There are often serious problems with misuse and diversion of narcotic rehabilitation
medication when supplied to patients as Take Away Doses (TADs) rather than as a daily
dose given under supervision at a pharmacy. Despite this, TADs are often supplied in
narcotic rehabilitation programs to help patients live normal lives, promote rehabilitation,
improve retention in treatment, reduce congregation at dispensing points and improve
access to treatment. Problems arise because TADs are taken unsupervised with no
monitoring to ensure that they are taken as prescribed. There is also no "intoxication"
assessment of the patients immediately prior to dosing to ensure it is safe for the patient
to consume a TAD. There is also no suitable technology currently available to remedy
this situation. The University of Tasmania Medical Engineering Research Group is
working to develop suitable technology for secure remote storage and delivery of TADs
together with remote assessment of patients immediately prior to TAD delivery. The use
of this system has been named tele-drug-rehabilitation. This thesis is concerned with the
communication and remote dispensing of tablets required for this technology. A new
word 'tele-dosing' has been coined for this part.
The tele-drug-rehabilitation system featured video and audio communication between a
local (clinician) and remote (patient) PC and the remote control of a tablet dispenser in
the remote location. LabV1EW graphical programming was used to develop the
communication software, the user interface and the external dispenser control. A laptop
was used at the patient site and a desktop at clinician's site both running on Windows XP.
A webcam and 3.5mm microphone and headset were used in each side. MJPEG and way
format were used for video and audio respectively. The patient's computer and the
clinician's computer were connected through a Local Area Network (LAN). The
dispenser was connected to the patient's computer through a serial port. For remote
dispensing, the software provides a mechanism to remotely operate the medication
dispenser. The tablet dispenser was designed to hold up to five tablets of buprenorphine.
Through the system, the clinician interacts with the patient through video and audio and
provides supervisory control of the dispenser. This enables assessment of the patient prior
to dispensing, activation of the dispenser only after a satisfactory assessment outcome, and monitoring of the dosing process. The concepts and the programs used in developing
the system are described.
The system was initially trialed with ten dummy patients using plastic tablets. User
feedback was used for continuous improvement of the software and the hardware.
Finally, the system was trialed and evaluated with two real patients in a controlled
environment. Buprenorphine tablets were used in the trials. The trials were successful.
Each patient as well as the doctor, was given a set of questionnaires to fill out after the
experiment.
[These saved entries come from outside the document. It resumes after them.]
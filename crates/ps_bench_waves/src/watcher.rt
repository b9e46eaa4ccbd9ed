// Who watches the scans of a run.

ghost use Rattle.std.specs.Prelude.{◌≡◌, ◌+◌, ◌≤◌, All, IfOk, false, true, map};
ghost use Rattle.ps_model.specs.Network.{Network};
ghost use Rattle.ps_bench_waves.specs.Lines.{scan_text};
ghost use Rattle.ps_bench_waves.specs.Room.{IsKeyed, cells_of, columns_room, frame_room};

use crate::Marks;
use crate::column::{Column, columns_of, renew, room_for};
use crate::format::Format;
use crate::line::Line;
use crate::rows::{make_csv_row, make_json_line};
use crate::telling::make_text_line;
use ps_base::Memory;
use ps_bench_judge::Seen;
use ps_bench_names::Name;
use ps_model::{App, Report, Verdict};
use ps_outside::{Sink, Stopped, write_all};
use ps_runs::{StruckWorld, Taker, Watched};
use std::alloc::Global;

/// Who watches the scans of a run: names and how they are written. It keeps the values of the last scan, and no other.
pub struct Watcher {
    // how it writes
    pub(crate) format: Format,
    // what it watches
    pub(crate) columns: Vec<Column>,
    // room for a line
    pub(crate) line: Line,
    // what marks the next scan
    pub(crate) next: Marks,
}

impl Drop for Watcher {
    // One call for whoever owns one, in place of a walk through all that it holds.
    fn drop(self) {
        let Watcher {
            format: _,
            columns: _,
            line: _,
            next: _,
        } = self;
    }
}

// Makes what is written of a scan.
fn make_line(
    line: &mut Line,
    app: &App,
    format: Format,
    now: u32,
    is_restarted: bool,
    verdict: Verdict,
    columns: &[Column],
)
    requires keyed { All (IsKeyed format app.now) columns.now }
    requires room { frame_room + columns_room columns.now ≤ line.old.room }
    ensures text { line.new.text ≡ scan_text app.now format now is_restarted verdict (cells_of columns.now) }
    ensures room { line.new.room ≡ line.old.room }
{
    match format {
        Format::Text => make_text_line(line, app, now, verdict, columns),
        Format::Csv => make_csv_row(line, now, is_restarted, verdict, columns),
        Format::Json => make_json_line(line, app, now, is_restarted, verdict, columns),
    }
}

impl Watcher {
    ghost use Rattle.ps_bench_judge.specs.Moments.{moment_of};
    ghost use Rattle.ps_bench_waves.specs.Watcher.{IsWatcherFor, TakesScan};

    /// Who watches these names, before the first scan. It takes all memory that it will use.
    pub fn new(alloc: Global, app: &App, format: Format, names: &[Name]) -> Result<Watcher, Memory>
        ensures fits { IfOk result (IsWatcherFor app.now) }
        ensures names { IfOk result (λ w. map (λ c. c.name) w.columns.items ≡ names.now) }
        ensures format { IfOk result (λ w. w.format ≡ format) }
        ensures first { IfOk result (λ w. w.next.is_first ≡ true) }
        ensures not_restarted { IfOk result (λ w. w.next.is_restarted ≡ false) }
    {
        let columns = columns_of(alloc, app, format, names)?;
        let room = room_for(columns.as_slice()).ok_or(Memory)?;
        Ok(Watcher {
            format,
            columns,
            line: Line::with_room(alloc, room)?,
            next: Marks::unmarked(),
        })
    }

    // Takes the values of the next scan.
    fn take_values(&mut self, app: &App, seen: &Seen<'_>)
        ensures takes { TakesScan app.now self.old (moment_of seen.entry.now) self.new }
        ensures room { self.new.line.room ≡ self.old.line.room }
    {
        renew(app, self.next.is_first, seen, self.columns.as_mut_slice());
        self.next = Marks::behind_scan();
    }

    // The same, and it is still a watcher of the application.
    fn see(&mut self, app: &App, seen: &Seen<'_>)
        requires { IsWatcherFor app.now self.old }
        ensures takes { TakesScan app.now self.old (moment_of seen.entry.now) self.new }
        ensures fits { IsWatcherFor app.now self.new }
    {
        self.take_values(app, seen);
    }
}

impl Taker<Watched<StruckWorld>> for Watcher {
    ghost use Rattle.ps_bench_waves.specs.Watcher.{IsWatcherFor, watcher_said, watcher_takes};

    ghost fits = { IsWatcherFor };

    ghost said = { watcher_said };

    ghost takes = { watcher_takes };

    fn take_scan<S: Sink>(
        &mut self,
        app: &App,
        now: u32,
        verdict: Verdict,
        report: &Report,
        performer: &Watched<StruckWorld>,
        out: &mut S,
    ) -> Result<(), Stopped> {
        let seen = Seen {
            now,
            verdict,
            report,
            before: performer.evaluator.signals_before(),
            signals: performer.evaluator.signals(),
        };
        let is_restarted = self.next.is_restarted;
        self.see(app, &seen);
        make_line(
            &mut self.line,
            app,
            self.format,
            now,
            is_restarted,
            verdict,
            self.columns.as_slice(),
        );
        write_all(out, self.line.as_slice())
    }

    fn take_restart<S: Sink>(
        &mut self,
        _app: &App,
        _performer: &Watched<StruckWorld>,
        out: &mut S,
    ) -> Result<(), Stopped> {
        self.next = Marks::behind_restart();
        match self.format {
            Format::Text => write_all(out, b"restart\n"),
            Format::Csv | Format::Json => Ok(()),
        }
    }
}
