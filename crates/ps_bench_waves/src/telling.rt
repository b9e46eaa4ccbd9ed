// The line of a scan in words: what changed.

ghost use Rattle.std.specs.Prelude.{◌≡◌, ◌+◌, ◌≤◌, ◌++◌, All, length};
ghost use Rattle.ps_bench_waves.specs.Lines as lines;
ghost use Rattle.ps_bench_waves.specs.Lines.{change_text, changes_told, line_unless_none, time_text, told};
ghost use Rattle.ps_bench_waves.specs.Room.{IsKeyed, cells_of, column_room, columns_room, frame_room};
ghost use Rattle.ps_bench_waves.specs.declared.format.Format.TheVariants.{Text};

use crate::Field;
use crate::column::Column;
use crate::line::Line;
use crate::shown::put_value;
use ps_bench_judge::is_trip;
use ps_bench_names::Name;
use ps_model::{App, Verdict};

// What stands between the value before and the value now.
fn arrow(name: Name) -> &'static [u8]
    ensures arrow { result.now ≡ lines.arrow name }
    ensures short { length result.now ≤ 3 }
{
    match name {
        Name::Signal(_) | Name::Pin { .. } => b">",
        Name::Code(_) => b" > ",
    }
}

// Whether a value stayed as it was.
fn stays(field: Field) -> bool
    ensures { result ≡ lines.stays field.before field.value }
{
    field.stays()
}

// Puts a value that changed, or the first one, after a mark.
fn put_change(line: &mut Line, app: &App, mark: &[u8], column: &Column)
    requires keyed { IsKeyed Text app.now column.now }
    requires mark { length mark.now ≤ 2 }
    requires room { length line.old.text + (length column.now.key + column_room) ≤ line.old.room }
    ensures text { line.new.text ≡ line.old.text
        ++ (mark.now ++ change_text app.now column.now.name column.now.field.before column.now.field.value) }
    ensures len { length line.new.text ≤ length line.old.text + (length column.now.key + column_room) }
    ensures room { line.new.room ≡ line.old.room }
{
    line.put(mark);
    line.put(column.key.as_slice());
    match column.field.before {
        None => line.put(b"="),
        Some(before) => {
            line.put(b" ");
            put_value(line, app, column.name, before);
            line.put(arrow(column.name));
        }
    }
    put_value(line, app, column.name, column.field.value);
}

// Puts what changed: this mark before the first change, and commas between them.
fn put_changes(line: &mut Line, app: &App, mark: &[u8], columns: &[Column])
    requires keyed { All (IsKeyed Text app.now) columns.now }
    requires mark { length mark.now ≤ 2 }
    requires room { length line.old.text + columns_room columns.now ≤ line.old.room }
    ensures text { line.new.text ≡ line.old.text ++ changes_told app.now mark.now (cells_of columns.now) }
    ensures len { length line.new.text ≤ length line.old.text + columns_room columns.now }
    ensures room { line.new.room ≡ line.old.room }
{
    let mut next = mark;
    for column in columns {
        if !stays(column.field) {
            put_change(line, app, next, column);
            next = b", ";
        }
    }
}

// Puts what is told of a scan.
fn put_told(line: &mut Line, app: &App, verdict: Verdict, columns: &[Column])
    requires keyed { All (IsKeyed Text app.now) columns.now }
    requires room { length line.old.text + (5 + columns_room columns.now) ≤ line.old.room }
    ensures text { line.new.text ≡ line.old.text ++ told app.now verdict (cells_of columns.now) }
    ensures len { length line.new.text ≤ length line.old.text + (5 + columns_room columns.now) }
    ensures room { line.new.room ≡ line.old.room }
{
    if is_trip(verdict) {
        line.put(b" TRIP");
        put_changes(line, app, b", ", columns);
    } else {
        put_changes(line, app, b" ", columns);
    }
}

// Begins a line with a time in ms.
fn put_time(line: &mut Line, now: u32)
    requires { 20 ≤ line.old.room }
    ensures text { line.new.text ≡ time_text now }
    ensures len { length line.new.text ≤ 16 }
    ensures room { line.new.room ≡ line.old.room }
{
    line.clear();
    line.put_count(now);
    let len = line.len();
    let blanks = b"      ".as_slice();
    if len < blanks.len() {
        line.put(&blanks[len..]);
    }
}

/// Makes the line of a scan for a person, where something is told of it; else it is empty.
pub(crate) fn make_text_line(
    line: &mut Line,
    app: &App,
    now: u32,
    verdict: Verdict,
    columns: &[Column],
)
    requires keyed { All (IsKeyed Text app.now) columns.now }
    requires room { frame_room + columns_room columns.now ≤ line.old.room }
    ensures text { line.new.text ≡ line_unless_none now (told app.now verdict (cells_of columns.now)) }
    ensures room { line.new.room ≡ line.old.room }
{
    put_time(line, now);
    let head = line.len();
    put_told(line, app, verdict, columns);
    if line.len() == head {
        line.clear();
    } else {
        line.put(b"\n");
    }
}
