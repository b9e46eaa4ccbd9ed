// How what is watched is written.

/// How what is watched is written.
#[derive(Clone, Copy)]
pub enum Format {
    /// For a person: a line for each scan in which something changed.
    Text,
    /// CSV (RFC 4180): a header, and a row for each scan.
    Csv,
    /// JSON (RFC 8259): an object in a line for each scan.
    Json,
}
The questions included the quality of video, audio and audio-video
combined, the perception of safety, successful dispensing, comparison of the remote
monitoring compared to going to the pharmacist, the cost patients are willing to pay for
the system and others.
Trials with dummy patients found the compression level and resolution of image frames
suitable for the system. MJPEG based video communication was found to be suitable
enough for video communication. The user experience of audio communication was also
positive. The dispensing of Buprenorphine tablets to real patients was successful and in
the correct order in all trials with real patients. Feedback from the real patients was
positive indicating the system was usable and functional and they would prefer home
dosing with this system in preference to daily pharmacy visits.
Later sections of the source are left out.